*** Opening AVAILABLE DATA ***

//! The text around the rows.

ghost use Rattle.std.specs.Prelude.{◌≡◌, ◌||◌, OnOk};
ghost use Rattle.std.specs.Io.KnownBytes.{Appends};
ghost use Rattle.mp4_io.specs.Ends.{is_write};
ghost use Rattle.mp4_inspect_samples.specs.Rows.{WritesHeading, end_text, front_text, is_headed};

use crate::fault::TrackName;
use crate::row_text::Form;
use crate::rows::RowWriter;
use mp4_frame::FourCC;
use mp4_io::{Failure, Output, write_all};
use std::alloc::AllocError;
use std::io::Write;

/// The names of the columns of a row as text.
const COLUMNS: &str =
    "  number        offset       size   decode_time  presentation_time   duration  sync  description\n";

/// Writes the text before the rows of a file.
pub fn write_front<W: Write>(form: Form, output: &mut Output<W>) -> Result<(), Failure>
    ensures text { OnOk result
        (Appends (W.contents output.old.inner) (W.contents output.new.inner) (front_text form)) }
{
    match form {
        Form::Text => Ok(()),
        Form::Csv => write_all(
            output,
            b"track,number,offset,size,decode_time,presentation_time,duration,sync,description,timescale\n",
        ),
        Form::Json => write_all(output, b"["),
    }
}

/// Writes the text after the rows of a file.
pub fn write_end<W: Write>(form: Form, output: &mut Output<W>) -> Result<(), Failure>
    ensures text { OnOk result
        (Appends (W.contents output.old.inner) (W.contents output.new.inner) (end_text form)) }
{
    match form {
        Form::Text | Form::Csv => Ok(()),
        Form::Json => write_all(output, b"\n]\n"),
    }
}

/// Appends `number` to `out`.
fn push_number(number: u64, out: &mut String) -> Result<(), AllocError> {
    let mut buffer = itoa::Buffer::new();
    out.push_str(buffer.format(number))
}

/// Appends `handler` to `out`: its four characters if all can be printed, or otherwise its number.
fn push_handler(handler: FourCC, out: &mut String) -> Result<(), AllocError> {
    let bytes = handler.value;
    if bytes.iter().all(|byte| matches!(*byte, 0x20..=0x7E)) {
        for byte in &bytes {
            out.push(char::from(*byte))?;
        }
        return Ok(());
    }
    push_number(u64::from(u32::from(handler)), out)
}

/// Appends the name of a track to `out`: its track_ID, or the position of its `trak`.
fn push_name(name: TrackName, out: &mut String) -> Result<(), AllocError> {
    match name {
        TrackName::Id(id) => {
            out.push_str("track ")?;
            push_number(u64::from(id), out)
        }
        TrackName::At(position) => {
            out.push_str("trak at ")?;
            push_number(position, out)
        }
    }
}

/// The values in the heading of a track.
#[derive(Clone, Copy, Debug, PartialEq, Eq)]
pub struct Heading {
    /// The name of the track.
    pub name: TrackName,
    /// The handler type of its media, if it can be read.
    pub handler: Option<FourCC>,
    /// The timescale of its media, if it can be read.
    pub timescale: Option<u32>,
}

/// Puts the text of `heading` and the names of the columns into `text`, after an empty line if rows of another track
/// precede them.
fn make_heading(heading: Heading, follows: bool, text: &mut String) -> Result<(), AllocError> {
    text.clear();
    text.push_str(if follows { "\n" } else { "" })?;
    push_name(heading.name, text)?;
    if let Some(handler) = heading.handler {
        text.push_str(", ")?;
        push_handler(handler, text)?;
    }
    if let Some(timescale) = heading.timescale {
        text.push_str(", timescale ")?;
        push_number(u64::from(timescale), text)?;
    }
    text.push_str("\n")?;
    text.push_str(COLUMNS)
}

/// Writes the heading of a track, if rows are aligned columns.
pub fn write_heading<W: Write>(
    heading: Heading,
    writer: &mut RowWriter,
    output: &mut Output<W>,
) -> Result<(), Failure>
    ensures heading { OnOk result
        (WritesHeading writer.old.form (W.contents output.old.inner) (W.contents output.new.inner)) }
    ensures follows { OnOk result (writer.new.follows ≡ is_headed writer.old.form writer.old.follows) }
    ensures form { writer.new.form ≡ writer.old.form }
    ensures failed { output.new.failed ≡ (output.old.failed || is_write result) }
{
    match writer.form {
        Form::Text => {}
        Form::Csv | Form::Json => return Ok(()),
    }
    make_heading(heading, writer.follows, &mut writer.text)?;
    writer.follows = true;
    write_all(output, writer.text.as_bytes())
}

*** Closing AVAILABLE DATA ***
*** Opening AVAILABLE DATA ***

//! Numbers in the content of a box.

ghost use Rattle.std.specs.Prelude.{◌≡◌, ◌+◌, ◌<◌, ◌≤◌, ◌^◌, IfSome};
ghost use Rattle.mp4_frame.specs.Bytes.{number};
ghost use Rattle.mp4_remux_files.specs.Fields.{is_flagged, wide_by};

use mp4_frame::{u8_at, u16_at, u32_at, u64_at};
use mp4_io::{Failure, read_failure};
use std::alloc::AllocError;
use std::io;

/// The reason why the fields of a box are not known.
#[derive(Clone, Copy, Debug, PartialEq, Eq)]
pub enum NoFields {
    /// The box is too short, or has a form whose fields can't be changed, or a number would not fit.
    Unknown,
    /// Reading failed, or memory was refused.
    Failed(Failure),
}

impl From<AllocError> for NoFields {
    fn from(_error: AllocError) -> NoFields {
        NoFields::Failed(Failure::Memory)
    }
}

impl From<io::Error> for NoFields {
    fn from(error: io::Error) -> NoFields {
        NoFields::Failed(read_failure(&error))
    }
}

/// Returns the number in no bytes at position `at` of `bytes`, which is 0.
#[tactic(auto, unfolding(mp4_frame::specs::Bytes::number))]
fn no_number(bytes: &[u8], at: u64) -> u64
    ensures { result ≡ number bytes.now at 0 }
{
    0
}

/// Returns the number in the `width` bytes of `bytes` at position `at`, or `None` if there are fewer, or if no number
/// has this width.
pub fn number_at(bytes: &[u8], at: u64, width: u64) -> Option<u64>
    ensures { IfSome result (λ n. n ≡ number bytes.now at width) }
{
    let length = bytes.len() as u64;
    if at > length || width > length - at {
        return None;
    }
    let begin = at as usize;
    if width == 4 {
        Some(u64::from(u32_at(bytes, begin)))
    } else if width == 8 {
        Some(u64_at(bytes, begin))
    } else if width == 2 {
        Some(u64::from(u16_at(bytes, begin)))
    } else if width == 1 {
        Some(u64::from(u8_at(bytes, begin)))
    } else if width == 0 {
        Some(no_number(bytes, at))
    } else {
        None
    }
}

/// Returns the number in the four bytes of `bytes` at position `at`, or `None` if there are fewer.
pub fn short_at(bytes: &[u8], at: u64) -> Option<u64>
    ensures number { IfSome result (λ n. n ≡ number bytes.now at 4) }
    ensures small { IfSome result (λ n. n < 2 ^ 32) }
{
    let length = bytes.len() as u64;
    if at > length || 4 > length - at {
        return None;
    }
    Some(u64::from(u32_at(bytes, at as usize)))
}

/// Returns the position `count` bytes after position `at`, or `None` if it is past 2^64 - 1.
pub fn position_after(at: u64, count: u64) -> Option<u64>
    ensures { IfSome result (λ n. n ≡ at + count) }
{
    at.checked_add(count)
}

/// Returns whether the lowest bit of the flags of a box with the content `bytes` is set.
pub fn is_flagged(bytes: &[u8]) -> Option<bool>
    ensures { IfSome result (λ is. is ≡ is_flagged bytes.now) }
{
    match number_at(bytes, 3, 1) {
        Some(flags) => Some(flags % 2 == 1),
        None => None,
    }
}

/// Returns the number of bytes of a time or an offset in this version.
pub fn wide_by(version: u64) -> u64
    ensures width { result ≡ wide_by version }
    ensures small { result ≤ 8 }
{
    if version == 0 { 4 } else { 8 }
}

*** Closing AVAILABLE DATA ***

■ PROMPT:
Among the records above, a stretch begins at the line containing "around the rows." and ends at the line containing "Form::Text | Form::Csv". Restate that stretch word for word, and nothing else.

■ ANSWER SPACE:
//! The text around the rows.

ghost use Rattle.std.specs.Prelude.{◌≡◌, ◌||◌, OnOk};
ghost use Rattle.std.specs.Io.KnownBytes.{Appends};
ghost use Rattle.mp4_io.specs.Ends.{is_write};
ghost use Rattle.mp4_inspect_samples.specs.Rows.{WritesHeading, end_text, front_text, is_headed};

use crate::fault::TrackName;
use crate::row_text::Form;
use crate::rows::RowWriter;
use mp4_frame::FourCC;
use mp4_io::{Failure, Output, write_all};
use std::alloc::AllocError;
use std::io::Write;

/// The names of the columns of a row as text.
const COLUMNS: &str =
    "  number        offset       size   decode_time  presentation_time   duration  sync  description\n";

/// Writes the text before the rows of a file.
pub fn write_front<W: Write>(form: Form, output: &mut Output<W>) -> Result<(), Failure>
    ensures text { OnOk result
        (Appends (W.contents output.old.inner) (W.contents output.new.inner) (front_text form)) }
{
    match form {
        Form::Text => Ok(()),
        Form::Csv => write_all(
            output,
            b"track,number,offset,size,decode_time,presentation_time,duration,sync,description,timescale\n",
        ),
        Form::Json => write_all(output, b"["),
    }
}

/// Writes the text after the rows of a file.
pub fn write_end<W: Write>(form: Form, output: &mut Output<W>) -> Result<(), Failure>
    ensures text { OnOk result
        (Appends (W.contents output.old.inner) (W.contents output.new.inner) (end_text form)) }
{
    match form {
        Form::Text | Form::Csv => Ok(()),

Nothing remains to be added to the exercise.